PROBLEM STATEMENT - Retyping the records exactly is the whole task.

### GIVEN DATA ###

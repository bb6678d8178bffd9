//! Networks and threads that fail at stated calls.
use rq_outside::{Failed, SureSink, SureSource};
use rq_system::{Listener, Network, Spawner};
use rq_values::Addr;
use std::alloc::Global;
use std::sync::Arc;
use std::sync::atomic::{AtomicU64, Ordering};
use std::thread;
use std::thread::Threads;
use std::time::{Clock, Duration};

/// So many milliseconds a test waits at most.
const MOST_WAITING: u32 = 20_000;

/// Whether the test is over.
pub type Over = Arc<AtomicU64, Global>;

/// Waits until the test is over.
fn wait<R: Clock>(rt: &R, over: &Over) {
    for _ in 0..MOST_WAITING {
        if over.load(Ordering::SeqCst) != 0 {
            return;
        }
        thread::sleep(rt, Duration::from_millis(1));
    }
}

/// Listens by another listener, but for one connection: its second call waits until the test is over, and fails.
#[derive(Drop)]
pub struct OneConnection<R, L> {
    rt: R,
    listener: L,
    accepted: bool,
    over: Over,
    pub faults: u64,
}

impl<R: Clock, L: Listener> Listener for OneConnection<R, L> {
    ghost faults = { λ l. l.faults };

    type In = L::In;

    type Out = L::Out;

    type Fault = ();

    fn fault(&self) -> Option<()> {
        if self.faults == 0 { None } else { Some(()) }
    }

    fn accept(&mut self) -> Result<(L::In, L::Out), Failed> {
        if !self.accepted {
            self.accepted = true;
            if let Ok(halves) = self.listener.accept() {
                return Ok(halves);
            }
        }
        wait(&self.rt, &self.over);
        self.faults = self.faults.saturating_add(1);
        Err(Failed)
    }
}

/// Listens by another network, for one connection.
#[derive(Drop)]
pub struct OnePort<R, N> {
    rt: R,
    network: N,
    over: Option<Over>,
    pub faults: u64,
}

impl<R, N> OnePort<R, N> {
    pub fn new(rt: R, network: N, over: Over) -> OnePort<R, N> {
        OnePort {
            rt,
            network,
            over: Some(over),
            faults: 0,
        }
    }
}

impl<R: Clock + Copy + Drop + Send + 'static, N: Network> Network for OnePort<R, N> {
    ghost faults = { λ n. n.faults };

    type In = N::In;

    type Out = N::Out;

    type L = OneConnection<R, N::L>;

    type Fault = ();

    fn fault(&self) -> Option<()> {
        if self.faults == 0 { None } else { Some(()) }
    }

    fn listen(&mut self, at: &Addr) -> Result<OneConnection<R, N::L>, Failed> {
        if let Some(over) = self.over.take() {
            match self.network.listen(at) {
                Ok(listener) => {
                    return Ok(OneConnection {
                        rt: self.rt,
                        listener,
                        accepted: false,
                        over,
                        faults: 0,
                    });
                }
                Err(Failed) => drop(over),
            }
        }
        self.faults = self.faults.saturating_add(1);
        Err(Failed)
    }
}

/// Passes so many connections on which nothing comes, and then fails, at once or when the test is over.
#[derive(Drop)]
pub struct FewConnections<R> {
    rt: R,
    alloc: Global,
    left: u64,
    over: Option<Over>,
    pub faults: u64,
}

impl<R: Clock> Listener for FewConnections<R> {
    ghost faults = { λ l. l.faults };

    type In = SureSource;

    type Out = SureSink;

    type Fault = ();

    fn fault(&self) -> Option<()> {
        if self.faults == 0 { None } else { Some(()) }
    }

    fn accept(&mut self) -> Result<(SureSource, SureSink), Failed> {
        if self.left > 0 {
            self.left -= 1;
            let source = SureSource::new(Vec::new(self.alloc));
            return Ok((source, SureSink::new(Vec::new(self.alloc))));
        }
        if let Some(over) = &self.over {
            wait(&self.rt, over);
        }
        self.faults = self.faults.saturating_add(1);
        Err(Failed)
    }
}

/// A network with one port, at which so many connections come. Where it has none, or a second is asked for, it fails.
#[derive(Drop)]
pub struct FewPort<R> {
    port: Option<FewConnections<R>>,
    pub faults: u64,
}

impl<R> FewPort<R> {
    pub fn none() -> FewPort<R> {
        FewPort {
            port: None,
            faults: 0,
        }
    }

    pub fn new(rt: R, alloc: Global, left: u64, over: Option<Over>) -> FewPort<R> {
        FewPort {
            port: Some(FewConnections {
                rt,
                alloc,
                left,
                over,
                faults: 0,
            }),
            faults: 0,
        }
    }
}

impl<R: Clock + Drop + Send + 'static> Network for FewPort<R> {
    ghost faults = { λ n. n.faults };

    type In = SureSource;

    type Out = SureSink;

    type L = FewConnections<R>;

    type Fault = ();

    fn fault(&self) -> Option<()> {
        if self.faults == 0 { None } else { Some(()) }
    }

    fn listen(&mut self, _at: &Addr) -> Result<FewConnections<R>, Failed> {
        match self.port.take() {
            Some(port) => Ok(port),
            None => {
                self.faults = self.faults.saturating_add(1);
                Err(Failed)
            }
        }
    }
}

/// Starts so many threads, and then none.
#[derive(Drop)]
pub struct FewThreads<R> {
    rt: R,
    left: u64,
    pub faults: u64,
}

impl<R> FewThreads<R> {
    pub fn new(rt: R, left: u64) -> FewThreads<R> {
        FewThreads {
            rt,
            left,
            faults: 0,
        }
    }
}

impl<R: Threads> Spawner for FewThreads<R> {
    ghost faults = { λ s. s.faults };

    type R = R;

    type Fault = ();

    fn fault(&self) -> Option<()> {
        if self.faults == 0 { None } else { Some(()) }
    }

    fn handle(&self) -> &R {
        &self.rt
    }

    fn allow(&mut self) -> Result<(), Failed> {
        if self.left > 0 {
            self.left -= 1;
            return Ok(());
        }
        self.faults = self.faults.saturating_add(1);
        Err(Failed)
    }

    fn refused(&mut self) {
        self.faults = self.faults.saturating_add(1);
    }
}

###

YOUR RESPONSE -
repository bb6678d8178bffd9
//! Networks and threads that fail at stated calls.
use rq_outside::{Failed, SureSink, SureSource};
use rq_system::{Listener, Network, Spawner};
use rq_values::Addr;
use std::alloc::Global;
use std::sync::Arc;
use std::sync::atomic::{AtomicU64, Ordering};
use std::thread;
use std::thread::Threads;
use std::time::{Clock, Duration};

/// So many milliseconds a test waits at most.
const MOST_WAITING: u32 = 20_000;

/// Whether the test is over.
pub type Over = Arc<AtomicU64, Global>;

/// Waits until the test is over.
fn wait<R: Clock>(rt: &R, over: &Over) {
    for _ in 0..MOST_WAITING {
        if over.load(Ordering::SeqCst) != 0 {
            return;
        }
        thread::sleep(rt, Duration::from_millis(1));
    }
}

/// Listens by another listener, but for one connection: its second call waits until the test is over, and fails.
#[derive(Drop)]
pub struct OneConnection<R, L> {
    rt: R,
    listener: L,
    accepted: bool,
    over: Over,
    pub faults: u64,
}

impl<R: Clock, L: Listener> Listener for OneConnection<R, L> {
    ghost faults = { λ l. l.faults };

    type In = L::In;

    type Out = L::Out;

    type Fault = ();

    fn fault(&self) -> Option<()> {
        if self.faults == 0 { None } else { Some(()) }
    }

    fn accept(&mut self) -> Result<(L::In, L::Out), Failed> {
        if !self.accepted {
            self.accepted = true;
            if let Ok(halves) = self.listener.accept() {
                return Ok(halves);
            }
        }
        wait(&self.rt, &self.over);
        self.faults = self.faults.saturating_add(1);
        Err(Failed)
    }
}

/// Listens by another network, for one connection.
#[derive(Drop)]
pub struct OnePort<R, N> {
    rt: R,
    network: N,
    over: Option<Over>,
    pub faults: u64,
}

impl<R, N> OnePort<R, N> {
    pub fn new(rt: R, network: N, over: Over) -> OnePort<R, N> {
        OnePort {
            rt,
            network,
            over: Some(over),
            faults: 0,
        }
    }
}

impl<R: Clock + Copy + Drop + Send + 'static, N: Network> Network for OnePort<R, N> {
    ghost faults = { λ n. n.faults };

    type In = N::In;

    type Out = N::Out;

    type L = OneConnection<R, N::L>;

    type Fault = ();

    fn fault(&self) -> Option<()> {
        if self.faults == 0 { None } else { Some(()) }
    }

    fn listen(&mut self, at: &Addr) -> Result<OneConnection<R, N::L>, Failed> {
        if let Some(over) = self.over.take() {
            match self.network.listen(at) {
                Ok(listener) => {
                    return Ok(OneConnection {
                        rt: self.rt,
                        listener,
                        accepted: false,
                        over,
                        faults: 0,
                    });
                }
                Err(Failed) => drop(over),
            }
        }
        self.faults = self.faults.saturating_add(1);
        Err(Failed)
    }
}

/// Passes so many connections on which nothing comes, and then fails, at once or when the test is over.
#[derive(Drop)]
pub struct FewConnections<R> {
    rt: R,
    alloc: Global,
    left: u64,
    over: Option<Over>,
    pub faults: u64,
}

impl<R: Clock> Listener for FewConnections<R> {
    ghost faults = { λ l. l.faults };

    type In = SureSource;

    type Out = SureSink;

    type Fault = ();

    fn fault(&self) -> Option<()> {
        if self.faults == 0 { None } else { Some(()) }
    }

    fn accept(&mut self) -> Result<(SureSource, SureSink), Failed> {
        if self.left > 0 {
            self.left -= 1;
            let source = SureSource::new(Vec::new(self.alloc));
            return Ok((source, SureSink::new(Vec::new(self.alloc))));
        }
        if let Some(over) = &self.over {
            wait(&self.rt, over);
        }
        self.faults = self.faults.saturating_add(1);
        Err(Failed)
    }
}

/// A network with one port, at which so many connections come. Where it has none, or a second is asked for, it fails.
#[derive(Drop)]
pub struct FewPort<R> {
    port: Option<FewConnections<R>>,
    pub faults: u64,
}

impl<R> FewPort<R> {
    pub fn none() -> FewPort<R> {
        FewPort {
            port: None,
            faults: 0,
        }
    }

    pub fn new(rt: R, alloc: Global, left: u64, over: Option<Over>) -> FewPort<R> {
        FewPort {
            port: Some(FewConnections {
                rt,
                alloc,
                left,
                over,
                faults: 0,
            }),
            faults: 0,
        }
    }
}

impl<R: Clock + Drop + Send + 'static> Network for FewPort<R> {
    ghost faults = { λ n. n.faults };

    type In = SureSource;

    type Out = SureSink;

    type L = FewConnections<R>;

    type Fault = ();

    fn fault(&self) -> Option<()> {
        if self.faults == 0 { None } else { Some(()) }
    }

    fn listen(&mut self, _at: &Addr) -> Result<FewConnections<R>, Failed> {
        match self.port.take() {
            Some(port) => Ok(port),
            None => {
                self.faults = self.faults.saturating_add(1);
                Err(Failed)
            }
        }
    }
}

/// Starts so many threads, and then none.
#[derive(Drop)]
pub struct FewThreads<R> {
    rt: R,
    left: u64,
    pub faults: u64,
}

impl<R> FewThreads<R> {
    pub fn new(rt: R, left: u64) -> FewThreads<R> {
        FewThreads {
            rt,
            left,
            faults: 0,
        }
    }
}

impl<R: Threads> Spawner for FewThreads<R> {
    ghost faults = { λ s. s.faults };

    type R = R;

    type Fault = ();

    fn fault(&self) -> Option<()> {
        if self.faults == 0 { None } else { Some(()) }
    }

    fn handle(&self) -> &R {
        &self.rt
    }

    fn allow(&mut self) -> Result<(), Failed> {
        if self.left > 0 {
            self.left -= 1;
            return Ok(());
        }
        self.faults = self.faults.saturating_add(1);
        Err(Failed)
    }

    fn refused(&mut self) {
        self.faults = self.faults.saturating_add(1);
    }
}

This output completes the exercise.